In statistics, a population is a large set of values. For example, if we are interested in intelligence in all adult women, the population is the set of all values of the variable intelligence in all adult women.

In psychology we pay a lot of attention to populations of people. This is understandable because our subject matter is people's behavior and subjective experiences. Thus, we want to find causal models that apply to the population of all humans. However, sometimes we want to compare groups of humans with different characteristics. For example, a causal model that applies to human males, may not be adequate for human females. Or, a causal model may apply to adults, and a different one must be developed for children. Or, a different model might be needed for different cultures.

It could also be the case that we are interested in specific populations. For example, all people with depression, all university students, all lawyers, all athletes. I must not forget that psychology is not only about humans: psychologists investigate psychological processes in animals and also in artificial systems.

Given that objects are not our subject matter we do not pay as much attention as we do to people. However, determining to which population of objects a human behavior applies to is a very important part of the research endeavor. Consider, for example, researchers who are investigating how fast humans read words. Their object population of interest is all words. However, when we try to develop a causal model of this phenomenon we may find that the model only applies to how fast people read familiar words, unfamiliar words may require the development of a different causal model.

Another important type of population is the situation. And I am using the term situation in a very broad sense. I am referring to different aspects of situations such as time, space, positions, goals, behaviors, etc. Following the reading words example, we may be interested in whether our causal model applies to different times of the day (morning vs. afternoon), to different distances (50 cm from the screen, 1 m. from the screen), to different body positions (reading while seating vs. reading while standing), to different reading goals (reading for understanding vs. reading for memorising), to different behaviors (indicating whether a word is a noun or an adjective vs. indicating the number of letters a word has).

A researcher is investigating the role of vitamin C in general cognitive ability in children. The population of interest is:

General cognitive ability.

All Humans.

All children.

All types of vitamins.

## Strategy 4. Obtain representative samples

It is impossible for scientists to obtain measurements of all people interacting with all objects in all possible situations.

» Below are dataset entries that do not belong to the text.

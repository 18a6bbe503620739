ghost use Rattle.std.specs.Prelude.{◌≡◌, ◌≢◌, ◌≤◌, ◌<◌, ◌++◌, List, ℕ, IfSome, IfErr, OnOk, map, length};
ghost use Rattle.std.specs.List.{Contains};

use ringcheck::*;
use std::alloc::{AllocError, Global};

mod containers;
mod devices;
mod limits;
mod sound;
mod words;

const WORDS: [&str; 6] = ["check", "--ring", "0.125", "--gap", "0.25", "m.csv"];

const REPORT_WORDS: [&str; 6] = ["report", "--ring", "0.125", "--gap", "0.25", "m.csv"];

const MEASURE: [&str; 2] = ["measure", "m.csv"];

const MANIFEST: &str = "role,name,file\ncopper,top,top.gbr\nplated,pth,pth.drl\n";

const LAYER: &str = "%FSLAX46Y46*%\n%MOMM*%\n%ADD10C,0.65*%\nD10*\nX0Y0D03*\nM02*\n";

/// The layer with its flash a nanometre off the hole's centre.
const MOVED: &str = "%FSLAX46Y46*%\n%MOMM*%\n%ADD10C,0.65*%\nD10*\nX1Y0D03*\nM02*\n";

const DRILL: &str = "M48\nMETRIC\nT1C0.4\n%\nT1\nX0.0Y0.0\nM30\n";

const REPORT: &str = "rules ring=0.125000000 gap=0.250000000
file 1 layer pads=1 other=0 name=top
file 2 drill plated=yes round=1 slots=0 name=pth
PASS
";

const MEASURED: &str = "file 1 layer pads=1 other=0 name=top
file 2 drill plated=yes round=1 slots=0 name=pth
ring layer=1 drill=2 diameter=0.400000000 holes=1 bare=0 least=0.125000000 hole=1
meets ring=0.125000000 gap=any held=0.125000000
";

/// Files at hand, by their names. The call numbered `fails_at` fails, once it has handed on the first half of its file.
#[derive(Drop)]
struct Shelf<'a> {
    files: &'a [(&'a str, &'a str)],
    calls: u64,
    fails_at: u64,
    failures: u64,
}

impl<'a> Shelf<'a> {
    fn new(files: &'a [(&'a str, &'a str)]) -> Self
        ensures { result.files.now ≡ files.entry.now }
    {
        Shelf {
            files,
            calls: 0,
            fails_at: 0,
            failures: 0,
        }
    }

    /// The text under a name, if there is one.
    fn text_of(&self, name: &str) -> Option<&'a str>
        ensures { IfSome result (λ text. Contains {X = List ℕ × List ℕ} (map (λ f. (f.0.now, f.1.now)) self.now.files.now) (name.now, text.now)) }
    {
        for (held, text) in self.files {
            if *held == name {
                return Some(*text);
            }
        }
        None
    }
}

impl Loader for Shelf<'_> {
    ghost use Rattle.std.specs.Prelude.{List, ℕ, map};
    ghost use Rattle.std.specs.List.{Contains};

    // the file is on the shelf
    ghost has = { λ s n b. Contains {X = List ℕ × List ℕ} (map (λ f. (f.0.now, f.1.now)) s.files.now) (n, b) };

    ghost failed = { λ s. s.failures };

    fn load_into<S: Sink>(
        &mut self,
        _alloc: Global,
        name: &str,
        limit: u64,
        sink: &mut S,
    ) -> Result<(), LoadFault> {
        self.calls = self.calls.saturating_add(1);
        match self.text_of(name) {
            Some(text) if self.calls != self.fails_at => hand_over(text.as_bytes(), limit, sink),
            Some(text) => {
                self.failures = self.failures.saturating_add(1);
                Err(break_off(text.as_bytes(), sink))
            }
            None => {
                self.failures = self.failures.saturating_add(1);
                Err(LoadFault::Device)
            }
        }
    }

    fn failures(&self) -> u64 {
        self.failures
    }
}

/// Hands bytes to a sink in two pieces, of which the first is the shorter.
fn take_in_two<S: Sink>(bytes: &[u8], sink: &mut S) -> Result<(), AllocError>
    ensures { (start : S) (text : List ℕ) → S.has_taken start sink.old text → OnOk result (S.has_taken start sink.new (text ++ bytes.now)) }
{
    let (first, rest) = bytes.split_at(bytes.len() / 3);
    sink.take(first)?;
    sink.take(rest)
}

/// Hands bytes to a sink in two pieces, if there are at most `limit`.
fn hand_over<S: Sink>(bytes: &[u8], limit: u64, sink: &mut S) -> Result<(), LoadFault>
    ensures gives { OnOk result ((length bytes.now ≤ limit) × ((start : S) (text : List ℕ) → S.has_taken start sink.old text → S.has_taken start sink.new (text ++ bytes.now))) }
    ensures fails { IfErr result (λ e. e ≢ LoadFault.Device) }
    ensures too_long { IfErr result (λ e. e ≡ LoadFault.TooLong → limit < length bytes.now) }
{
    if bytes.len() as u64 > limit {
        return Err(LoadFault::TooLong);
    }
    match take_in_two(bytes, sink) {
        Ok(()) => Ok(()),
        Err(_) => Err(LoadFault::Memory),
    }
}

/// Hands the first half of bytes to a sink, and returns how that ends.
fn break_off<S: Sink>(bytes: &[u8], sink: &mut S) -> LoadFault
    ensures { result ≢ LoadFault.TooLong }
{
    match sink.take(&bytes[..bytes.len() / 2]) {
        Ok(()) => LoadFault::Device,
        Err(_) => LoadFault::Memory,
    }
}

/// Files at hand, and under one name any text of this length.
#[derive(Drop)]
struct LongShelf<'a> {
    shelf: Shelf<'a>,
    name: &'a str,
    length: u64,
}

impl Loader for LongShelf<'_> {
    ghost use Rattle.std.specs.Prelude.{◌≡◌, ◌⊎◌, List, ℕ, map, length};
    ghost use Rattle.std.specs.List.{Contains};

    ghost has = { λ s n b. Contains {X = List ℕ × List ℕ} (map (λ f. (f.0.now, f.1.now)) s.shelf.files.now) (n, b) ⊎ (length b ≡ s.length) };

    ghost failed = { λ s. s.shelf.failures };

    fn load_into<S: Sink>(
        &mut self,
        alloc: Global,
        name: &str,
        limit: u64,
        sink: &mut S,
    ) -> Result<(), LoadFault> {
        if name == self.name && self.length > limit {
            return Err(LoadFault::TooLong);
        }
        self.shelf.load_into(alloc, name, limit, sink)
    }

    fn failures(&self) -> u64 {
        self.shelf.failures
    }
}

/// Two writers that hold nothing yet.
fn streams(alloc: Global) -> Streams<Vec<u8>, Vec<u8>> {
    Streams {
        out: Vec::new(alloc),
        err: Vec::new(alloc),
    }
}

/// Whether a run over this loader ends with this status, prints just this text, and says just this beside it.
fn prints<L: Loader>(
    alloc: Global,
    loader: &mut L,
    words: &[&str],
    status: Status,
    text: &str,
    said: &str,
) -> bool {
    let mut to = streams(alloc);
    run(alloc, words, loader, &mut to) == status
        && to.out.as_slice() == text.as_bytes()
        && to.err.as_slice() == said.as_bytes()
}

const THREE: &str = "role,name,file\ncopper,top,top.gbr\ncopper,bot,bot.gbr\nplated,pth,pth.drl\n";

/// A layer that is refused, as it has no format.
const BARE: &str = "M02*\n";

Therefore, researchers obtain measurements in a subset of the populations. This subset is a **sample**.

Like in populations there is a meaning of sample in sciences and another meaning in statistics. In sciences a sample is a set of units of analysis that belongs to a population. In statistics a sample is a set of values obtained from a population of values. For example, if we are interested in measuring anxiety in humans we obtain a sample of people from the population of all humans, and by measurement, we obtain a sample of values of anxiety.

There is an important different here. We roughly know that the population of all humans is composed by around 7 billion units. On the other hand, we do not know all the 7 billion values of anxiety, simply because we did not obtain measures of anxiety in the whole population. Because of that, a population of values is typically represented by a **probability distribution** (see chapter 4).

The process of obtaining samples is called **sampling**. The key of the sampling process is that the outcome should be a **representative sample** of the population of interest. But obtaining a representative sample in all respects is impossible. Even if we use the best sampling method (i.e., **random sampling**) the obtained sample may differ in some aspects from the whole population. Instead, psychological researchers aim to obtain samples that are representative of the population on the variables that may affect the variables in the causal model.

Consider, for example, a researcher who is investigating the effect of the variable* intuition* over the variable *decision making*. Let's assume a third variable, say *education level*, is unrelated to decision making. In this case, we do not need a sample that is representative of the population of interest in *education level*. But if *education level* is associated to *decision making*, then the variable *education level* in the sample should have a similar distribution to that in the population of interest. If this is not possible, we can still use statistical techniques to cope with this problem. However, those techniques sometimes work and sometimes do not work. The other alternative is to indicate that our causal model only applies to a population that has similar characteristics to our sample. Obviously, this is not ideal and diminishes the relevance of the research.

Another way of dealing with this issue is by having large samples. The larger the sample the more similar to the population. Of course, we can still have an unrepresentative large sample, but having large samples help reducing the problem.

A different way of dealing with the issue of representativeness of the sample is by using efficient research designs, which are explained in the next section.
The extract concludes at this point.